Mainframe Channel I/O
After transfer to research in silicon valley, I got to wander around both IBM and customer datacenters, including bldg14 (disk engineering) and bldg15 (disk product test) across the street. At the time they were doing prescheduled, 7x24, stand-alone machine testing. They said that they had recently tried MVS, but it had 15min mean-time-between-failure (in that environment). I offered to rewrite I/O supervisor to make it bullet proof and never fail, allowing any amount of on-demand, concurrent testing ... greatly improving productivity. I then wrote up an (internal) research report on the work and happened to mention the MVS 15min MTBF ... bringing down the wrath of the MVS organization on my head. Informally I was told they tried to have me separated from the IBM company, when that failed they would make my time at IBM unpleasant in other ways (however the joke was on them, I was already being told I had no career, no promotions, no awards and no raises). A few years later when 3380s were about to ship, FE had a regression test of 57 errors that were likely to occur, in all 57 cases, MVS would fail (requiring re-ipl) and in 2/3rds of the cases there was no indication of what caused the failure. I didn't feel badly.
Bldg15 got the 1st engineering 3033 (outside POK, #3 or #4?) and since testing only took percent or two of processor, we found spare 3830 and couple strings of 3330 drives and setup private online service (ran 3270 coax under the street and added to my 3270 terminal switch on my desk). One Monday, got irate call asking what I had done to 3033 system (significant degradation, they claimed they did nothing). Eventually found that 3830 controller had been replaced with engineer 3880 controller. 3830 had fast horizontal microcode processing. 3880 had special hardware path for data transfer, but an extremely slow processor (JIB-prime) for everything else ... significantly driving up channel busy (and radically cutting amount of concurrent activity). They managed to mask some of the degradation before customer ship.
Trout/3090 had designed number channels for target throughput based on assumption that 3880 was same as 3830 (but supporting 3380 3mbyte/sec data rate). When they found out how bad 3880 channel busy really was, they realized they had to significantly increase the number of channels to achieve target throughput. The increase in channels required an additional TCM ... and 3090 semi-facetiously said that they would bill the 3880 controller group for the increase in 3090 manufacturing cost.

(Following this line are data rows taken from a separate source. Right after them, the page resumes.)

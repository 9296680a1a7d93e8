// The kinds of cases, and their names. Assumes nothing.

// What is done with what stands behind the name.
#[derive(Clone, Copy)]
pub enum Kind {
    // Of orders: see `orders`.
    Check,
    K,
    Subtree,
    Cut,
    Part,
    // Of forms: see `forms`.
    Read,
    Back,
    Write,
    There,
    // Of books: see `books`.
    Form,
    Open,
    Lay,
    Show,
    Teach,
    Withdraw,
    Ask,
    Choose,
    Agrees,
    Join,
    // Of stored books, and of two books: see `stored`.
    File,
    More,
    Put,
    Store,
    Load,
    Front,
    With,
    Start,
    Trip,
    Again,
    Swap,
}

impl Kind {
    // The kind of that name, if there is one.
    pub fn from_name(name: &[u8]) -> Option<Kind> {
        let kind = match name {
            b"check" => Kind::Check,
            b"k" => Kind::K,
            b"subtree" => Kind::Subtree,
            b"cut" => Kind::Cut,
            b"part" => Kind::Part,
            b"read" => Kind::Read,
            b"back" => Kind::Back,
            b"write" => Kind::Write,
            b"there" => Kind::There,
            b"form" => Kind::Form,
            b"open" => Kind::Open,
            b"lay" => Kind::Lay,
            b"show" => Kind::Show,
            b"teach" => Kind::Teach,
            b"withdraw" => Kind::Withdraw,
            b"ask" => Kind::Ask,
            b"choose" => Kind::Choose,
            b"agrees" => Kind::Agrees,
            b"join" => Kind::Join,
            b"file" => Kind::File,
            b"more" => Kind::More,
            b"put" => Kind::Put,
            b"store" => Kind::Store,
            b"load" => Kind::Load,
            b"front" => Kind::Front,
            b"with" => Kind::With,
            b"start" => Kind::Start,
            b"trip" => Kind::Trip,
            b"again" => Kind::Again,
            b"swap" => Kind::Swap,
            _ => return None,
        };
        Some(kind)
    }
}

Marketing then respun the large increase in number channels (to compensate for 3880 channel busy increase) to be a great I/O machine.
In 1980, STL (since renamed SVL), was bursting at the seams and they were moving 300 from IMS group to offsite bldg (w/dataprocessing back to STL datacenter). They had tried "remote 3270" but found the human factors totally unacceptable. I get con'ed into doing channel extender support, allowing channel attach 3270 controllers to be placed at offsite bldg (with no difference in human factors between offsite and inside STL). The hardware vendor tries to get IBM to release my support, but there was group in POK playing with some serial stuff, that get it vetoed (afraid if it is in the market, it would make it harder to get their stuff announced).
领英推荐
Unintended consequences; The STL 168s had 3270 (channel attached) controllers across all channels shared with disk controllers. Moving the 3270 controllers offsite with super fast channel interface box to 168 channel, channel busy was enormously reduced (for the same amount of 3270 terminal activity) compared to the 3270 controllers directly channel attached, increasing system throughput by 10-15% (eliminating much of the channel interference with disk controllers). There was some discussion of configuring all 3270 channel attached controllers for all the STL 168 systems similarly (even though didn't need the channel-extender capability, but the 10-15% in throughput would be welcome).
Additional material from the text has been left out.